EXERCISE: Copy out each line in the material below that has the word "apart".

*** Begin section ***

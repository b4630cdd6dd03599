// Does one operation of the reader many times on the stream that stands on standard input, and prints a checksum that depends on every
// answer: what compare/speed.sh counts the instructions of. The arguments are the operation's name and how many times; for `load`, the fourth is the places
// file. An operation that is none of these, and a stream of more than 262,144 bytes, is refused on the standard error.
#![tactic(auto)]

mod sums;

ghost use Rattle.std.specs.Prelude.{◌≡◌, ◌≤◌, length};

use field::index::{Stream, TypeIndex};
use record_data::TypeData;
use record_id::IdData;
use record_list::ListCursor;
use record_parse::EntryData;
use std::env::Env;
use std::io::Read;
use std::rt::Files;
use std::{fs, io, str};
use stream_finder::ItemFinder;
use stream_header::Header;
use stream_item::iter::ItemIter;
use stream_item::{Entry, Item};
use sums::add;

// The operations, by the letters that their names start with; parseids and primitives have one of their own.
const HEADER: u8 = b'h';

const WALK: u8 = b'w';

const INDEX: u8 = b'i';

const FIND: u8 = b'f';

const PARSE: u8 = b'p';

const IDS: u8 = b'd';

const LOAD: u8 = b'l';

const PRIMITIVES: u8 = b't';

const ELEMENTS: u8 = b'e';

const REPORT: u8 = b'r';

// A word that is no operation.
const NONE: u8 = 0;

// The longest stream, and the places that its finder holds at most: a record takes four bytes or more.
const LONGEST: usize = 262144;

const PLACES: usize = 8192;

// The bytes of a file with so many places.
const FILE: usize = 32796;

// One byte more than the longest stream, to tell that there is one.
fn buffer() -> [u8; 262145]
    ensures { 262145 ≡ length result }
{
    [0u8; 262145]
}

// Each operation, once ---------------------------------------------------------------------------------------------------------

// Reads the header.
fn header_once(s: &[u8]) -> u64 {
    match Header::parse(s) {
        Ok(h) => sums::header(h),
        Err(_) => 0,
    }
}

// Goes through the stream's records. Indices and ends are summed apart, in speed.rs too: one sum of all three numbers cost four instructions more a
// record, two in the sum, one at the index's test and a copy of the place.
fn walk_from(s: &[u8], from: ItemIter) -> u64 {
    let mut c = from;
    let mut indices: u64 = 0;
    let mut ends: u64 = 0;
    while let Ok(Some((i, behind))) = stream_item::iter::next(s, c) {
        indices = add(indices, sums::index(i));
        ends = add(ends, sums::end(i));
        c = behind;
    }
    add(indices, ends)
}

fn walk_once(s: &[u8]) -> u64 {
    match stream_item::iter::iter(Stream::Types, s) {
        Ok(c) => walk_from(s, c),
        Err(_) => 0,
    }
}

// Reads the stream's records: for `parse` those that are no lists, else all, with the elements of the lists.
fn read_from(op: u8, s: &[u8], from: ItemIter) -> u64 {
    let mut c = from;
    let mut sum: u64 = 0;
    while let Ok(Some((i, behind))) = stream_item::iter::next(s, c) {
        sum = add(sum, read(op, s, i));
        c = behind;
    }
    sum
}

fn read_once(op: u8, stream: Stream, s: &[u8]) -> u64 {
    match stream_item::iter::iter(stream, s) {
        Ok(c) => read_from(op, s, c),
        Err(_) => 0,
    }
}

fn read(op: u8, s: &[u8], i: Item) -> u64 {
    if op == PARSE {
        if is_list(s, i) {
            return 0;
        }
    }
    record_read(s, i)
}

fn is_list(s: &[u8], i: Item) -> bool {
    matches!(
        stream_view::raw_kind(s, s, Entry::Record(i)),
        Ok(0x1201 | 0x1203 | 0x1206)
    )
}

// A record with the elements of its list. The one stream is lent as both: an item says by its index in which it lies.
fn record_read(s: &[u8], i: Item) -> u64 {
    match record_parse::parse(s, s, Entry::Record(i)) {
        Ok(EntryData::Type(d)) => match d {
            TypeData::Class(c) => sums::class(c),
            TypeData::MemberFunction(f) => sums::member_function(f),
            TypeData::Procedure(f) => sums::procedure(f),
            TypeData::Pointer(p) => sums::pointer(p),
            TypeData::Modifier(m) => sums::modifier(m),
            TypeData::Enumeration(e) => sums::enumeration(e),
            TypeData::Array(a) => sums::array(a),
            TypeData::Union(u) => sums::union_type(u),
            TypeData::Bitfield(b) => sums::bitfield(b),
            TypeData::FieldList => list_read(
                Stream::Types,
                stream_view::bytes_of(s, s, Entry::Record(i)),
            ),
            TypeData::ArgumentList(_) => list_read(
                Stream::Types,
                stream_view::bytes_of(s, s, Entry::Record(i)),
            ),
            TypeData::MethodList => list_read(
                Stream::Types,
                stream_view::bytes_of(s, s, Entry::Record(i)),
            ),
            _ => 0,
        },
        Ok(EntryData::Id(d)) => match d {
            IdData::Function(f) => sums::function(f),
            IdData::MemberFunction(f) => sums::member_function_id(f),
            IdData::BuildInfo(_) => list_read(
                Stream::Ids,
                stream_view::bytes_of(s, s, Entry::Record(i)),
            ),
            IdData::StringList(_) => list_read(
                Stream::Ids,
                stream_view::bytes_of(s, s, Entry::Record(i)),
            ),
            IdData::String(t) => sums::string(t),
            IdData::UserDefinedTypeSource(u) => sums::source(u),
        },
        _ => 0,
    }
}

fn list_read(stream: Stream, s: &[u8]) -> u64 {
    match record_list::start(stream, s) {
        Ok(c) => list_from(s, c),
        Err(_) => 0,
    }
}

// An element takes a byte or more of a record of at most 65,535.
fn list_from(s: &[u8], from: ListCursor) -> u64 {
    let mut c = from;
    let mut sum: u64 = 0;
    for _ in 0..65536 {
        let Ok((e, behind)) = record_list::step(s, c) else {
            return sum;
        };
        sum = add(sum, sums::element(e));
        c = behind;
    }
    sum
}

// The finder of the whole stream.
fn indexed(s: &[u8], t: &mut [u32; PLACES]) -> ItemFinder {
    match stream_index::index_all(Stream::Types, s, t) {
        Ok(tour) => tour.finder,
        Err(_) => ItemFinder {
            minimum_index: 0,
            maximum_index: 0,
            held: 0,
            shift: 3,
        },
    }
}

// Fills a fresh finder; the sum is over the places that it holds.
fn index_once(s: &[u8], t: &mut [u32; PLACES]) -> u64 {
    let f = indexed(s, t);
    places(t, f.held)
}

fn places(t: &[u32; PLACES], held: usize) -> u64 {
    let mut sum: u64 = 0;
    for place in t.iter().take(held) {
        sum = add(sum, sums::wide(*place));
    }
    sum
}

// Loads the places of the stream from a file; the sum is over them.
fn load_once(s: &[u8], file: &[u8], t: &mut [u32; PLACES]) -> u64 {
    match stream_places::load(s, file, t) {
        Ok(f) => places(t, f.held),
        Err(_) => 0,
    }
}

// Adds the stream to a fresh report; the sum is over its totals and all rows of its table.
fn report_once(s: &[u8]) -> u64 {
    let mut table = [0u64; 192];
    match stream_report::add(stream_report::new(), &mut table, s) {
        Ok(t) => add(sums::totals(t), rows(&table)),
        Err(_) => 0,
    }
}

fn rows(table: &[u64; 192]) -> u64 {
    let mut sum: u64 = 0;
    for number in table {
        sum = add(sum, *number);
    }
    sum
}

// Looks up each index of the stream.
fn find_once(s: &[u8], t: &[u32; PLACES], f: ItemFinder) -> u64 {
    let mut sum: u64 = 0;
    for n in f.minimum_index..f.maximum_index {
        if let Ok((Entry::Record(i), _)) = stream_finder::find_type(s, f, t, TypeIndex(n)) {
            sum = add(sum, sums::item(i));
        }
    }
    sum
}

// Asks for every primitive, in an order of its own each time.
fn primitives_once(turned: u32) -> u64 {
    let mut sum: u64 = 0;
    for i in 0..4096 {
        sum = add(sum, primitive_read(TypeIndex(i ^ turned)));
    }
    sum
}

fn primitive_read(i: TypeIndex) -> u64 {
    match word_primitive::primitive(i) {
        Ok(p) => sums::primitive(p),
        Err(_) => sums::wide(i.0),
    }
}

// Many times -------------------------------------------------------------------------------------------------------------------

fn once(op: u8, s: &[u8], t: &mut [u32; PLACES], f: ItemFinder) -> u64 {
    if op == HEADER {
        return header_once(s);
    }
    if op == INDEX {
        return index_once(s, t);
    }
    if op == FIND {
        return find_once(s, t, f);
    }
    if op == IDS {
        return read_once(op, Stream::Ids, s);
    }
    if op == WALK {
        return walk_once(s);
    }
    read_once(op, Stream::Types, s)
}

// A byte of the stream is another one each time, so that no turn can stand for the next: at 0, where no third argument names another
// place, a byte of the header's version, which no operation but `header` reads.
fn repeat(op: u8, times: u64, at: usize, stream: &mut [u8], t: &mut [u32; PLACES]) -> u64 {
    if stream.len() <= at {
        return 0;
    }
    let f = indexed(stream, t);
    let mut sum: u64 = 0;
    for i in 0..times {
        stream[at] = (i % 256) as u8;
        sum = add(sum, once(op, stream, t, f));
    }
    sum
}

// The same for `load`, whose file is made once.
fn repeat_load(times: u64, stream: &mut [u8], file: &[u8], t: &mut [u32; PLACES]) -> u64 {
    if stream.is_empty() {
        return 0;
    }
    let mut sum: u64 = 0;
    for i in 0..times {
        stream[0] = (i % 256) as u8;
        sum = add(sum, load_once(stream, file, t));
    }
    sum
}

// The same for `report`, apart from the others: beside them in `once` it cost a walk two instructions a record, and a header 16.
fn repeat_report(times: u64, stream: &mut [u8]) -> u64 {
    if stream.is_empty() {
        return 0;
    }
    let mut sum: u64 = 0;
    for i in 0..times {
        stream[0] = (i % 256) as u8;
        sum = add(sum, report_once(stream));
    }
    sum
}

// The same for `primitives`, which needs no stream.
fn repeat_primitives(times: u64) -> u64 {
    let mut sum: u64 = 0;
    for i in 0..times {
        sum = add(sum, primitives_once((i % 256) as u32));
    }
    sum
}

// The first n bytes of an array.
fn first(file: &[u8; FILE], n: usize) -> &[u8] {
    let s: &[u8] = file;
    if n <= s.len() {
        return &s[0..n];
    }
    &s[0..0]
}

// Reads until the buffer is full, the input ends or a read fails, and gives how many bytes there are at the buffer's start.
fn read_full<R: Read>(from: &mut R, buf: &mut [u8]) -> usize
    ensures { result ≤ length buf.new }
{
    let mut done = 0;
    for _ in 0..u64::MAX {
        if done == buf.len() {
            break;
        }
        match from.read(&mut buf[done..]) {
            Ok(0) => break,
            Ok(n) => done += n,
            Err(_) => break,
        }
    }
    done
}

// Puts argument i at the buffer's start, and gives its length: 0 where there is none, or where it is longer than the buffer.
fn arg(rt: &impl Env, i: usize, buf: &mut [u8]) -> usize
    ensures { result ≤ length buf.new }
{
    match rt.arg(i, buf) {
        Ok(n) => n,
        Err(_) => 0,
    }
}

// The places file that the fourth argument names, which has to be UTF-8.
fn load_many(rt: &(impl Env + Files), times: u64, stream: &mut [u8], t: &mut [u32; PLACES]) -> u64 {
    let mut name = [0u8; 4096];
    let n = arg(rt, 4, &mut name);
    let Ok(path) = str::from_utf8(&name[0..n]) else {
        return 0;
    };
    let Ok(mut opened) = fs::open(rt, path) else {
        return 0;
    };
    let mut file = [0u8; FILE];
    let m = read_full(&mut opened, &mut file);
    repeat_load(times, stream, first(&file, m), t)
}

fn run(
    rt: &(impl Env + Files),
    op: u8,
    times: u64,
    at: usize,
    stream: &mut [u8],
    t: &mut [u32; PLACES],
) -> u64 {
    if op == LOAD {
        return load_many(rt, times, stream, t);
    }
    if op == PRIMITIVES {
        return repeat_primitives(times);
    }
    if op == REPORT {
        return repeat_report(times, stream);
    }
    repeat(op, times, at, stream, t)
}

// Whether the n letters of a word are those of a name.
fn spells(word: &[u8; 16], n: usize, name: &[u8]) -> bool {
    word.get(..n) == Some(name)
}

fn operation(word: &[u8; 16], n: usize) -> u8 {
    if spells(word, n, b"header") {
        return HEADER;
    }
    if spells(word, n, b"walk") {
        return WALK;
    }
    if spells(word, n, b"index") {
        return INDEX;
    }
    if spells(word, n, b"find") {
        return FIND;
    }
    if spells(word, n, b"parse") {
        return PARSE;
    }
    if spells(word, n, b"elements") {
        return ELEMENTS;
    }
    if spells(word, n, b"parseids") {
        return IDS;
    }
    if spells(word, n, b"load") {
        return LOAD;
    }
    if spells(word, n, b"primitives") {
        return PRIMITIVES;
    }
    if spells(word, n, b"report") {
        return REPORT;
    }
    NONE
}

// Argument i as a number, 0 where there is none.
fn number(rt: &impl Env, i: usize) -> u64 {
    let mut digits = [0u8; 16];
    let n = arg(rt, i, &mut digits);
    numeral(&digits, n)
}

fn numeral(digits: &[u8; 16], n: usize) -> u64 {
    let mut value: u64 = 0;
    for digit in digits.iter().take(n) {
        value = ten_times(value, *digit);
    }
    value
}

fn ten_times(value: u64, digit: u8) -> u64 {
    if 1000000000 < value {
        return value;
    }
    if digit < b'0' {
        return value;
    }
    add(10 * value, sums::wide8(digit - b'0'))
}

// Whether standard input is at its end. Where it is not, since a read failed, that is said.
fn at_end(rt: &impl Eprint, from: &mut impl Read) -> io::Result<bool> {
    let mut spare = [0u8; 1];
    if let Ok(0) = from.read(&mut spare) {
        return Ok(true);
    }
    eprintln!(rt; "measure: standard input cannot be read")?;
    Ok(false)
}

fn measure(rt: &(impl Env + Files + Input + Print + Eprint), op: u8) -> io::Result<()> {
    let times = number(rt, 2);
    let at = number(rt, 3) as usize;
    let mut stream = buffer();
    let mut input = rt.reader();
    let n = read_full(&mut input, &mut stream);
    if LONGEST < n {
        return eprintln!(rt; "refused 16 too long");
    }
    if !at_end(rt, &mut input)? {
        return Ok(());
    }
    let mut t = [0u32; PLACES];
    let sum = run(rt, op, times, at, &mut stream[0..n], &mut t);
    println!(rt; "{sum}")
}

fn main(rt: HostRuntime) -> io::Result<()> {
    let mut word = [0u8; 16];
    let a = arg(&rt, 1, &mut word);
    let op = operation(&word, a);
    if op == NONE {
        return eprintln!(rt;
            "measure: the operation is header, walk, index, load, find, parse, elements, parseids, primitives or report"
        );
    }
    measure(&rt, op)
}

*** End section ***

OUTPUT OF THE EXERCISE:
// Goes through the stream's records. Indices and ends are summed apart, in speed.rs too: one sum of all three numbers cost four instructions more a
// The same for `report`, apart from the others: beside them in `once` it cost a walk two instructions a record, and a header 16.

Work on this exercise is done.